== Provided records ==
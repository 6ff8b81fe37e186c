ghost use Rattle.std.specs.Prelude.{◌≡◌, ℕ, [], ◌++◌, ◌∷◌, drop, slice_get, IfOk, OnOk, None, Some};
ghost use Rattle.relay_course.specs.VerdictTable.{rcpt_verdict, refusal};
ghost use Rattle.relay_client.specs.Conversation.{has_open, verdicts_from};
ghost use Rattle.relay_client.specs.Settled.{has_accepted, settled_of, size_by, verdict_by};

use crate::verdict::{RcptAnswer, copy_of, kept_text, rcpt_answer};
use crate::verdicts::Verdicts;
use relay_book::Verdict;
use relay_lines::Reply;
use relay_octets::Octets;
use std::alloc::{AllocError, Global};
use std::marker::Model;

/// The result of a RCPT by its reply, in four octets: a waiting attempt may hold one for each of 100 places.
#[derive(Clone, Copy)]
enum Said {
    /// The RCPT was accepted.
    Accepted,
    /// It may be tried again.
    Delayed,
    /// It was refused for good.
    Rejected {
        /// The reply's code.
        code: u16,
        /// How many octets its text has.
        size: u8,
    },
}

/// The results of the RCPTs, in the order of the places: the verdict of a place, or none if its RCPT was accepted.
#[derive(Drop)]
pub(crate) struct Settled {
    said: Vec<Said>,
    /// The texts of the refusals, one after another.
    texts: Vec<u8>,
}

impl Model for Settled {
    ghost use Rattle.std.specs.Prelude.{◌≡◌, List, Option, length};
    ghost use Rattle.relay_book.specs.declared.change.Verdict.{Verdict};
    ghost use Rattle.relay_client.specs.Settled.{settled_of, text_sizes};

    ghost Value = { List (Option Verdict) };

    ghost view = { λ settled. settled_of settled.said.items settled.texts.items };

    ghost invariant = { λ settled. length settled.texts.items ≡ text_sizes settled.said.items };
}

impl Settled {
    /// No RCPT is answered. Allocates nothing.
    pub(crate) fn new(alloc: Global) -> Self
        ensures { result ≡ [] }
    {
        Settled {
            said: Vec::new(alloc),
            texts: Vec::new(alloc),
        }
    }

    /// The RCPT of the next place is answered. Fails if memory runs out.
    pub(crate) fn push(&mut self, alloc: Global, reply: &Reply) -> Result<(), AllocError>
        ensures { OnOk result (self.new ≡ self.old ++ rcpt_verdict reply.now ∷ []) }
    {
        match rcpt_answer(reply) {
            RcptAnswer::Accepts => self.accept(),
            RcptAnswer::Delays => self.delay(),
            RcptAnswer::Rejects => self.reject(alloc, reply),
        }
    }

    /// The next RCPT was accepted.
    fn accept(&mut self) -> Result<(), AllocError>
        ensures { OnOk result (self.new ≡ self.old ++ None ∷ []) }
    {
        self.said.push(Said::Accepted)?;
        Ok(())
    }

    /// The next RCPT may be tried again.
    fn delay(&mut self) -> Result<(), AllocError>
        ensures { OnOk result (self.new ≡ self.old ++ Some Verdict.Later ∷ []) }
    {
        self.said.push(Said::Delayed)?;
        Ok(())
    }

    /// The next RCPT was refused by this reply.
    fn reject(&mut self, alloc: Global, reply: &Reply) -> Result<(), AllocError>
        ensures { OnOk result (self.new ≡ self.old ++ Some (refusal reply.now) ∷ []) }
    {
        let kept = kept_text(alloc, reply)?;
        let text = kept.as_slice();
        let size = text.len() as u8;
        // With room for it the second push doesn't fail, and the text goes with it.
        self.said.reserve(1)?;
        self.texts.extend_from_slice(text)?;
        self.said.push(Said::Rejected {
            code: reply.code(),
            size,
        })?;
        Ok(())
    }

    /// Returns whether a RCPT was accepted.
    #[tactic(auto, using(crate::proofs::SettledLemmas::open_accepted))]
    pub(crate) fn has_open(&self) -> bool
        ensures { result ≡ has_open self.now }
    {
        has_accepted(self.said.as_slice())
    }

    /// Returns the verdict of each of the places: what its RCPT's reply said, or the last one. Fails if memory runs
    /// out.
    pub(crate) fn verdicts(
        &self,
        alloc: Global,
        places: &[u8],
        last: &Verdict,
    ) -> Result<Verdicts, AllocError>
        ensures { IfOk result (λ verdicts. verdicts ≡ verdicts_from places.now self.now last.now) }
    {
        verdicts_of(
            alloc,
            places,
            self.said.as_slice(),
            self.texts.as_slice(),
            last,
        )
    }
}

/// Returns whether one of them was accepted.
fn has_accepted(said: &[Said]) -> bool
    ensures { result ≡ has_accepted said.now }
{
    for one in said {
        if matches!(one, Said::Accepted) {
            return true;
        }
    }
    false
}

/// Returns the verdict of each of the places by what was said of it: the last one where its RCPT was accepted, or isn't
/// answered. The texts are those of the refusals.
fn verdicts_of(
    alloc: Global,
    places: &[u8],
    said: &[Said],
    texts: &[u8],
    last: &Verdict,
) -> Result<Verdicts, AllocError>
    ensures { IfOk result (λ verdicts. verdicts
        ≡ verdicts_from places.now (settled_of said.now texts.now) last.now) }
{
    let mut verdicts = Verdicts::with_capacity(alloc, places.len())?;
    let mut texts = texts;
    for index in 0..places.len() {
        let one = said_at(said, index);
        verdicts.push(verdict_by(alloc, one, texts, last)?)?;
        texts = after_text(one, texts);
    }
    Ok(verdicts)
}

/// Returns what was said at this index, if anything.
#[tactic(auto, using(crate::proofs::SettledLemmas::said_within, crate::proofs::SettledLemmas::said_past))]
fn said_at(said: &[Said], index: usize) -> Option<Said>
    ensures { result ≡ slice_get said.now index }
{
    if index < said.len() {
        Some(said[index])
    } else {
        None
    }
}

/// Returns the verdict by what was said, whose text begins the texts. Fails if memory runs out.
#[tactic(auto, using(std::proofs::lemmas::List::take_min))]
fn verdict_by(
    alloc: Global,
    one: Option<Said>,
    texts: &[u8],
    last: &Verdict,
) -> Result<Verdict, AllocError>
    ensures { IfOk result (λ verdict. verdict ≡ verdict_by one texts.now last.now) }
{
    match one {
        Some(Said::Rejected { code, size }) => {
            let end = usize::from(size).min(texts.len());
            Ok(Verdict::Refused {
                code,
                text: Octets::from_slice(alloc, &texts[..end])?,
            })
        }
        Some(Said::Delayed) => Ok(Verdict::Later),
        Some(Said::Accepted) => copy_of(alloc, last),
        None => copy_of(alloc, last),
    }
}

/// Returns the texts after the text of this one.
#[tactic(auto, using(std::proofs::lemmas::List::drop_min))]
fn after_text(one: Option<Said>, texts: &[u8]) -> &[u8]
    ensures { result.now ≡ drop (size_by one) texts.now }
{
    match one {
        Some(Said::Rejected { code: _, size }) => &texts[usize::from(size).min(texts.len())..],
        Some(Said::Delayed) => texts,
        Some(Said::Accepted) => texts,
        None => texts,
    }
}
===
* [Problem to work on]:
All records are to be retyped precisely.

* [Exercise output]:
repository 6ff8b81fe37e186c
ghost use Rattle.std.specs.Prelude.{◌≡◌, ℕ, [], ◌++◌, ◌∷◌, drop, slice_get, IfOk, OnOk, None, Some};
ghost use Rattle.relay_course.specs.VerdictTable.{rcpt_verdict, refusal};
ghost use Rattle.relay_client.specs.Conversation.{has_open, verdicts_from};
ghost use Rattle.relay_client.specs.Settled.{has_accepted, settled_of, size_by, verdict_by};

use crate::verdict::{RcptAnswer, copy_of, kept_text, rcpt_answer};
use crate::verdicts::Verdicts;
use relay_book::Verdict;
use relay_lines::Reply;
use relay_octets::Octets;
use std::alloc::{AllocError, Global};
use std::marker::Model;

/// The result of a RCPT by its reply, in four octets: a waiting attempt may hold one for each of 100 places.
#[derive(Clone, Copy)]
enum Said {
    /// The RCPT was accepted.
    Accepted,
    /// It may be tried again.
    Delayed,
    /// It was refused for good.
    Rejected {
        /// The reply's code.
        code: u16,
        /// How many octets its text has.
        size: u8,
    },
}

/// The results of the RCPTs, in the order of the places: the verdict of a place, or none if its RCPT was accepted.
#[derive(Drop)]
pub(crate) struct Settled {
    said: Vec<Said>,
    /// The texts of the refusals, one after another.
    texts: Vec<u8>,
}

impl Model for Settled {
    ghost use Rattle.std.specs.Prelude.{◌≡◌, List, Option, length};
    ghost use Rattle.relay_book.specs.declared.change.Verdict.{Verdict};
    ghost use Rattle.relay_client.specs.Settled.{settled_of, text_sizes};

    ghost Value = { List (Option Verdict) };

    ghost view = { λ settled. settled_of settled.said.items settled.texts.items };

    ghost invariant = { λ settled. length settled.texts.items ≡ text_sizes settled.said.items };
}

impl Settled {
    /// No RCPT is answered. Allocates nothing.
    pub(crate) fn new(alloc: Global) -> Self
        ensures { result ≡ [] }
    {
        Settled {
            said: Vec::new(alloc),
            texts: Vec::new(alloc),
        }
    }

    /// The RCPT of the next place is answered. Fails if memory runs out.
    pub(crate) fn push(&mut self, alloc: Global, reply: &Reply) -> Result<(), AllocError>
        ensures { OnOk result (self.new ≡ self.old ++ rcpt_verdict reply.now ∷ []) }
    {
        match rcpt_answer(reply) {
            RcptAnswer::Accepts => self.accept(),
            RcptAnswer::Delays => self.delay(),
            RcptAnswer::Rejects => self.reject(alloc, reply),
        }
    }

    /// The next RCPT was accepted.
    fn accept(&mut self) -> Result<(), AllocError>
        ensures { OnOk result (self.new ≡ self.old ++ None ∷ []) }
    {
        self.said.push(Said::Accepted)?;
        Ok(())
    }

    /// The next RCPT may be tried again.
    fn delay(&mut self) -> Result<(), AllocError>
        ensures { OnOk result (self.new ≡ self.old ++ Some Verdict.Later ∷ []) }
    {
        self.said.push(Said::Delayed)?;
        Ok(())
    }

    /// The next RCPT was refused by this reply.
    fn reject(&mut self, alloc: Global, reply: &Reply) -> Result<(), AllocError>
        ensures { OnOk result (self.new ≡ self.old ++ Some (refusal reply.now) ∷ []) }
    {
        let kept = kept_text(alloc, reply)?;
        let text = kept.as_slice();
        let size = text.len() as u8;
        // With room for it the second push doesn't fail, and the text goes with it.
        self.said.reserve(1)?;
        self.texts.extend_from_slice(text)?;
        self.said.push(Said::Rejected {
            code: reply.code(),
            size,
        })?;
        Ok(())
    }

    /// Returns whether a RCPT was accepted.
    #[tactic(auto, using(crate::proofs::SettledLemmas::open_accepted))]
    pub(crate) fn has_open(&self) -> bool
        ensures { result ≡ has_open self.now }
    {
        has_accepted(self.said.as_slice())
    }

    /// Returns the verdict of each of the places: what its RCPT's reply said, or the last one. Fails if memory runs
    /// out.
    pub(crate) fn verdicts(
        &self,
        alloc: Global,
        places: &[u8],
        last: &Verdict,
    ) -> Result<Verdicts, AllocError>
        ensures { IfOk result (λ verdicts. verdicts ≡ verdicts_from places.now self.now last.now) }
    {
        verdicts_of(
            alloc,
            places,
            self.said.as_slice(),
            self.texts.as_slice(),
            last,
        )
    }
}

/// Returns whether one of them was accepted.
fn has_accepted(said: &[Said]) -> bool
    ensures { result ≡ has_accepted said.now }
{
    for one in said {
        if matches!(one, Said::Accepted) {
            return true;
        }
    }
    false
}

/// Returns the verdict of each of the places by what was said of it: the last one where its RCPT was accepted, or isn't
/// answered. The texts are those of the refusals.
fn verdicts_of(
    alloc: Global,
    places: &[u8],
    said: &[Said],
    texts: &[u8],
    last: &Verdict,
) -> Result<Verdicts, AllocError>
    ensures { IfOk result (λ verdicts. verdicts
        ≡ verdicts_from places.now (settled_of said.now texts.now) last.now) }
{
    let mut verdicts = Verdicts::with_capacity(alloc, places.len())?;
    let mut texts = texts;
    for index in 0..places.len() {
        let one = said_at(said, index);
        verdicts.push(verdict_by(alloc, one, texts, last)?)?;
        texts = after_text(one, texts);
    }
    Ok(verdicts)
}

/// Returns what was said at this index, if anything.
#[tactic(auto, using(crate::proofs::SettledLemmas::said_within, crate::proofs::SettledLemmas::said_past))]
fn said_at(said: &[Said], index: usize) -> Option<Said>
    ensures { result ≡ slice_get said.now index }
{
    if index < said.len() {
        Some(said[index])
    } else {
        None
    }
}

/// Returns the verdict by what was said, whose text begins the texts. Fails if memory runs out.
#[tactic(auto, using(std::proofs::lemmas::List::take_min))]
fn verdict_by(
    alloc: Global,
    one: Option<Said>,
    texts: &[u8],
    last: &Verdict,
) -> Result<Verdict, AllocError>
    ensures { IfOk result (λ verdict. verdict ≡ verdict_by one texts.now last.now) }
{
    match one {
        Some(Said::Rejected { code, size }) => {
            let end = usize::from(size).min(texts.len());
            Ok(Verdict::Refused {
                code,
                text: Octets::from_slice(alloc, &texts[..end])?,
            })
        }
        Some(Said::Delayed) => Ok(Verdict::Later),
        Some(Said::Accepted) => copy_of(alloc, last),
        None => copy_of(alloc, last),
    }
}

/// Returns the texts after the text of this one.
#[tactic(auto, using(std::proofs::lemmas::List::drop_min))]
fn after_text(one: Option<Said>, texts: &[u8]) -> &[u8]
    ensures { result.now ≡ drop (size_by one) texts.now }
{
    match one {
        Some(Said::Rejected { code: _, size }) => &texts[usize::from(size).min(texts.len())..],
        Some(Said::Delayed) => texts,
        Some(Said::Accepted) => texts,
        None => texts,
    }
}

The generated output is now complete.